Il est toujours reconnu sous Windows ?


----------



## jerome69300 (3 Mars 2010)

Bonjour,
J'ai exactement le même problème (même OS, même version à jour d'iTunes) : mon Ipod est reconnu sur le bureau, Itunes s'ouvre quand je le connecte, mais il n'apparait pas dans iTunes.
Dans mon cas, le problème vient peut être du fait que je viens d'acheter un nouvel iMac, et qu'avant mon iPod était synchronisé avec iTunes sur mon ancien PC sous Windows.

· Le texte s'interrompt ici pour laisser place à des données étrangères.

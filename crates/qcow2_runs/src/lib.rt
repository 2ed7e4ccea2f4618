// Runs of guest bytes that go on alike, for an image whose header was accepted.
#![tactic(auto)]

ghost use Rattle.std.specs.Prelude.{◌≡◌, ◌+◌, ◌-◌, ◌*◌, ◌/◌, ◌%◌, ◌^◌, ◌<◌, ◌≤◌, length};
ghost use Rattle.endian.specs.Big.{splice};
ghost use Rattle.qcow2_spec.specs.Guest.{reach, located};
ghost use Rattle.qcow2_spec.specs.Runs.{run_length, run_row, run_rows, runs_listed, runs_put};
ghost use Rattle.qcow2_spec.specs.Opened.{Opened};
ghost use Rattle.qcow2_runs.specs.Ends.{run_from};

use qcow2_spec::refusal::{Cause, Refusal};
use qcow2_spec::{Found, Geometry};

// Where the run from x ends, of whose len bytes i0 are known and end with a guest cluster.
fn next_rows(
    image: &[u8],
    g: Geometry,
    x: u64,
    f: &Result<Found, Refusal>,
    i0: u64,
    len: u64,
) -> u64
    requires { ((Opened g image.now) × (f.now ≡ located image.now g.root x)) × (((i0 ≤ len) × (x + len ≤ reach image.now g.root)) × (i0 < len → (x + i0) % 2 ^ g.bits ≡ 0)) }
    ensures { result ≡ run_from image.now g.root x i0 (len - i0) }
{
    // A while: how far a turn goes is known only in it.
    let mut i = i0;
    while i < len {
        let m = qcow2_guest::row_left(x + i, (len - i) as usize, g.bits) as u64;
        let r = qcow2_stretch::in_next_row(image, g, x, f, i, m);
        if r < m {
            return i + r;
        }
        i += r;
    }
    i
}

// How many of the len bytes from x on go on alike. Those of its guest cluster do.
fn run_length(image: &[u8], g: Geometry, x: u64, f: &Result<Found, Refusal>, len: u64) -> u64
    requires { ((Opened g image.now) × (f.now ≡ located image.now g.root x)) × (x + len ≤ reach image.now g.root) }
    ensures { result ≡ run_length image.now g.root x len }
{
    let first = qcow2_guest::piece(x, len as usize, g.bits) as u64;
    next_rows(image, g, x, f, first, len)
}

// Stores a run as three numbers.
fn put_row(rows: &mut [u64], at: usize, f: &Result<Found, Refusal>, r: u64)
    requires { at + 3 ≤ length rows.old }
    ensures { rows.new ≡ splice rows.old at (run_row f.now r) }
{
    rows[at] = qcow2_alike::codes::found_code(f) as u64;
    rows[at + 1] = qcow2_alike::codes::found_host(f);
    rows[at + 2] = r;
}

// Stores the run from x on and returns its length.
fn next_run(image: &[u8], g: Geometry, x: u64, len: u64, rows: &mut [u64], at: usize) -> u64
    requires { (Opened g image.now) × (((0 < len) × (x + len ≤ reach image.now g.root)) × (at + 3 ≤ length rows.old)) }
    ensures { (result ≡ run_length image.now g.root x len) × (rows.new ≡ splice rows.old at (run_row (located image.now g.root x) result)) }
{
    let w = qcow2_stretch::row_at(image, g, power::quotient(x, g.bits));
    let f = qcow2_stretch::found_in(image, g, w, x);
    let r = run_length(image, g, x, &f, len);
    put_row(rows, at, &f, r);
    r
}

// Stores the runs of the len bytes from x on, as many as there is room for, and returns how many.
fn store_runs(image: &[u8], g: Geometry, x: u64, len: u64, rows: &mut [u64]) -> usize
    requires { (Opened g image.now) × (x + len ≤ reach image.now g.root) }
    ensures { (3 * result ≡ length (run_rows image.now g.root x len (length rows.old / 3))) × (rows.new ≡ splice rows.old 0 (run_rows image.now g.root x len (length rows.old / 3))) }
{
    let room = rows.len() / 3;
    let mut done = 0;
    for k in 0..room {
        if done == len {
            return k;
        }
        done += next_run(image, g, x + done, len - done, rows, 3 * k);
    }
    room
}

// Lists the runs of the len bytes from x on. Refused, the output is left alone.
pub fn listed(
    image: &[u8],
    g: Geometry,
    x: u64,
    len: u64,
    rows: &mut [u64],
) -> Result<usize, Refusal>
    requires { Opened g image.now }
    ensures { (result ≡ runs_listed image.now g.root x len (length rows.old / 3)) × (rows.new ≡ runs_put image.now g.root x len rows.old) }
{
    if power::past(g.size, x, len) {
        return Err(Cause::Range.into());
    }
    Ok(store_runs(image, g, x, len, rows))
}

Merci pour vos conseils à un débutant dans le monde Mac (jusqu'à maintenant, tout allait bien...)


----------



## Macuserman (3 Mars 2010)

Salut ! As tu fait ce que j'ai proposé à notre ami ?


----------



## jerome69300 (3 Mars 2010)

Merci pour ta réponse,
Oui j'ai activé la fonction disque dur, et je l'ai reconnecté sur mon vieux PC, il est reconnu et se synchronise sans probleme...


----------



## Macuserman (3 Mars 2010)

Tu l'as restauré ? 

As tu cherché de l'aide sur le site Support d'Apple ?
http://www.apple.com/fr/support


----------



## jerome69300 (3 Mars 2010)

Oui je suis allé sur le site du support d'Apple mais je ne m'en sors pas...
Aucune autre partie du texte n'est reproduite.